Первое развлечение, когда просыпаешься или когда укладываешься спать, – разглядывать бревна, из которых сложены стены. Бревна проложены паклей, внутри дома не закрыты ничем, разве что картинами деда, развешанными на стенах. Замечательно интересно разглядывать трещинки на бревнах, глазки от сучков: воображение складывает из них то знакомые лица, то какие-то фантастические морды – с тремя глазами, с двумя ртами, с огромной дырой носа. Стараешься удержать это в памяти, потому что если отведешь глаза, то потом уже никак не найти пригрезившейся личины. В щели и трещины я прятал конфеты, чтобы не сразу их съесть, оттянуть удовольствие.
Когда трещины в бревнах становились уже слишком заметными, их заливали воском. Воск был из ульев. Дед сам отгонял пчел дымовиком с раскаленными углями (у меня до сих пор шрам от ожога дымовиком), весь облепленный роящимися насекомыми, вытаскивал из ульев соты. Нижний слой воска срезался, закладывался в сепаратор, рукоять сепаратора раскручивалась, и шел мед – цветочный, липовый. С ним все пилось и елось. Запах меда, дед, качающий рукоять маленьких мехов дымовика, – все это потом стало частью фигуры Вечного деда в «Сибириаде». И «Сибириада», и «Дворянское гнездо», и «Дядя Ваня» полны воспоминаний детства. Утром просыпаешься – пахнет медом, кофе и сдобными булками, которые пекла мама. Запах матери. Запах деда – он рано завтракал, пил кофе, к кофе были сдобные булки, сливочное масло и рокфор, хороший рокфор, еще тех, сталинских времен. Запах детства.
Перед домом был двор, густо заросший пахучей гусиной травкой, с крохотными цветочками-ромашечками – гуси очень любили ее щипать. Помню, паника во дворе, весь дом приник к окнам: голодный ястреб налетел на курицу, она еще кудахчет, он одной лапой держит, другой – рвет на куски. «Сейчас, сейчас, погодите!» Дядя Миша зарядил шомпольное ружье, навел, спуск!.. И только пух от ястреба во все стороны.

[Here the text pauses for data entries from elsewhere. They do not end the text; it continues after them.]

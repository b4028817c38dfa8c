// The operators by their names, and runs of one of them.

ghost use Rattle.std.specs.Prelude.{◌≡◌, ◌≤◌, length};

use vbits::{Reduction, Vec4};

/// An operator, or a copy of an operand, which costs what a turn costs without one.
#[derive(Clone, Copy)]
pub enum Operator {
    Copy,
    CopyFree,
    Add,
    Sub,
    Mul,
    Div,
    Rem,
    Neg,
    And,
    Or,
    Xor,
    Xnor,
    Not,
    Join,
    Eq,
    Ne,
    CaseEq,
    CaseNe,
    Lt,
    Le,
    Gt,
    Ge,
    ReduceAnd,
    ReduceNand,
    ReduceOr,
    ReduceNor,
    ReduceXor,
    ReduceXnor,
    Truth,
    Shl,
    Shr,
    Ashr,
    Select,
    Put,
    Concat,
    Resize,
    ToU64,
}

// The names of the operators.
const NAMES: [(&str, Operator); 36] = [
    ("copy_free", Operator::CopyFree),
    ("add", Operator::Add),
    ("sub", Operator::Sub),
    ("mul", Operator::Mul),
    ("div", Operator::Div),
    ("rem", Operator::Rem),
    ("neg", Operator::Neg),
    ("and", Operator::And),
    ("or", Operator::Or),
    ("xor", Operator::Xor),
    ("xnor", Operator::Xnor),
    ("not", Operator::Not),
    ("join", Operator::Join),
    ("eq", Operator::Eq),
    ("ne", Operator::Ne),
    ("case_eq", Operator::CaseEq),
    ("case_ne", Operator::CaseNe),
    ("lt", Operator::Lt),
    ("le", Operator::Le),
    ("gt", Operator::Gt),
    ("ge", Operator::Ge),
    ("reduce_and", Operator::ReduceAnd),
    ("reduce_nand", Operator::ReduceNand),
    ("reduce_or", Operator::ReduceOr),
    ("reduce_nor", Operator::ReduceNor),
    ("reduce_xor", Operator::ReduceXor),
    ("reduce_xnor", Operator::ReduceXnor),
    ("truth", Operator::Truth),
    ("shl", Operator::Shl),
    ("shr", Operator::Shr),
    ("ashr", Operator::Ashr),
    ("select", Operator::Select),
    ("put", Operator::Put),
    ("concat", Operator::Concat),
    ("resize", Operator::Resize),
    ("to_u64", Operator::ToU64),
];

/// The operator of this name; of another one a copy.
pub fn operator_of(name: &str) -> Operator {
    for (word, operator) in &NAMES {
        if *word == name {
            return *operator;
        }
    }
    Operator::Copy
}

/// What it makes of operands of one length.
pub fn apply(operator: Operator, left: Vec4, right: Vec4) -> Vec4
    requires { length left.letters ≡ length right.letters }
{
    match operator {
        Operator::Add => left.add(right),
        Operator::Sub => left.sub(right),
        Operator::Mul => left.mul(right),
        Operator::Div => left.div(right),
        Operator::Rem => left.rem(right),
        Operator::Neg => left.neg(),
        Operator::And => left.and(right),
        Operator::Or => left.or(right),
        Operator::Xor => left.xor(right),
        Operator::Xnor => left.xnor(right),
        Operator::Not => left.not(),
        Operator::Join => left.join(right),
        Operator::Eq => left.eq(right),
        Operator::Ne => left.ne(right),
        Operator::CaseEq => left.case_eq(right),
        Operator::CaseNe => left.case_ne(right),
        Operator::Lt => left.lt(right),
        Operator::Le => left.le(right),
        Operator::Gt => left.gt(right),
        Operator::Ge => left.ge(right),
        Operator::ReduceAnd => left.reduce(Reduction::And),
        Operator::ReduceNand => left.reduce(Reduction::Nand),
        Operator::ReduceOr => left.reduce(Reduction::Or),
        Operator::ReduceNor => left.reduce(Reduction::Nor),
        Operator::ReduceXor => left.reduce(Reduction::Xor),
        Operator::ReduceXnor => left.reduce(Reduction::Xnor),
        Operator::Truth => Vec4::of_bit(left.truth()),
        Operator::Select => left.select(left.len() - 1, left.len() / 2),
        Operator::Resize => left.resize(right.len() / 2 + 30),
        Operator::ToU64 => Vec4::from_u64(64, left.to_u64().unwrap_or(7)),
        _ => left,
    }
}

/// What it makes of an operand whose length is free: a shift's amount, or what is written or joined.
pub fn apply_to_free(operator: Operator, left: Vec4, free: Vec4) -> Vec4 {
    match operator {
        Operator::Shl => left.shl(free),
        Operator::Shr => left.shr(free),
        Operator::Ashr => left.ashr(free),
        Operator::CopyFree => left,
        Operator::Put => {
            if free.len() <= left.len() {
                left.put(free.len() - 1, 0, free)
            } else {
                left
            }
        }
        _ => {
            if left.len() + free.len() <= 64 {
                left.concat(free)
            } else {
                left
            }
        }
    }
}

/// Whether the length of its second operand is free.
pub fn takes_free(operator: Operator) -> bool {
    match operator {
        Operator::Shl => true,
        Operator::Shr => true,
        Operator::Ashr => true,
        Operator::Put => true,
        Operator::Concat => true,
        Operator::CopyFree => true,
        _ => false,
    }
}

fn operand(len: u32, n: u64) -> Vec4
    requires some { 1 ≤ len }
    requires few { len ≤ 64 }
{
    Vec4::from_u64(len, n).with_sign(n % 2 == 0)
}

/// Runs the operator and adds the numbers of what it gave.
pub fn run(operator: Operator, turns: u64) -> u64 {
    let odd = turns | 1;
    let lefts = [
        operand(1, odd),
        operand(4, odd.wrapping_mul(3)),
        operand(8, odd.wrapping_mul(0x9E37_79B9)),
        operand(31, odd.wrapping_mul(0x85EB_CA6B_1234_5678)),
        operand(32, odd.wrapping_mul(0xC2B2_AE35_FFFF_0001)),
        operand(33, odd.wrapping_mul(0x27D4_EB2F_8765_4321)),
        operand(63, odd.wrapping_mul(0x1656_67B1_9E37_79F9)),
        operand(64, odd.wrapping_mul(0x9E37_79B9_7F4A_7C15)),
    ];
    let rights = [
        operand(1, odd),
        operand(4, odd.wrapping_mul(5)),
        operand(8, odd.wrapping_mul(0x7F4A_7C15)),
        operand(31, odd.wrapping_mul(0x94D0_49BB_1331_11EB)),
        operand(32, odd.wrapping_mul(0xBF58_476D_1CE4_E5B9)),
        operand(33, odd.wrapping_mul(0xD6E8_FEB8_6659_FD93)),
        operand(63, odd.wrapping_mul(0xA076_1D64_78BD_642F)),
        operand(64, odd.wrapping_mul(0xE703_7ED1_A0B4_28DB)),
    ];
    let frees = [
        operand(1, 0),
        operand(2, 1),
        operand(3, 5),
        operand(5, 17),
        operand(5, 9),
        operand(6, 32),
        operand(6, 62),
        operand(6, 3),
    ];
    let free = takes_free(operator);
    let mut results = [Vec4::zeros(1); 8];
    for turn in 0..turns {
        let i = (turn % 8) as usize;
        let left = lefts[i];
        let right = rights[i];
        if free {
            results[i] = apply_to_free(operator, left, frees[i]);
        } else if left.len() == right.len() {
            results[i] = apply(operator, left, right);
        }
    }
    let mut sum = 0u64;
    for result in results {
        sum = sum.wrapping_add(result.to_u64().unwrap_or(result.len() as u64));
    }
    sum
}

У деда есть картина «Окно поэта»: свеча, столик, окно, за окном тот самый двор, только заваленный снегом. Не знаю, почему именно такое название. Но в доме все дышало Пушкиным, дед его обожал, знал всего наизусть.
На ночь вместе с дедом мы шли в туалет, один я ходить боялся: крапива, солнце заходит, сосны шумят. Дед усаживался в деревянной будке, я ждал его, отмахиваясь от комаров, он читал мне Пушкина:
Афедрон ты жирный свойПодтираешь коленкором;Я же грешную дыруНе балую детской модойИ Хвостова жесткой одой,Хоть и морщуся, да тру.Это я помню с девяти лет.
Вся фанерная обшивка туалета была исписана автографами – какими автографами! Метнер, Прокофьев, Пастернак, Сергей Городецкий, Охлопков, граф Алексей Алексеевич Игнатьев, Мейерхольд.
Свой знаменитый портрет Мейерхольда с трубкой, на фоне ковра, дед писал, когда у того уже отняли театр. То есть, по сути, вместо портрета Сталина он писал портрет человека, над которым уже был подвешен топор, которого все чурались, от которого бегали. Думаю, в этом был политический вызов. Хотя диссидентство деду никак не было свойственно, человеком он был достаточно мягким, на принципы не напирал – просто это был в лучшем смысле этого слова русский художник, что само по себе системе уже ненавистно.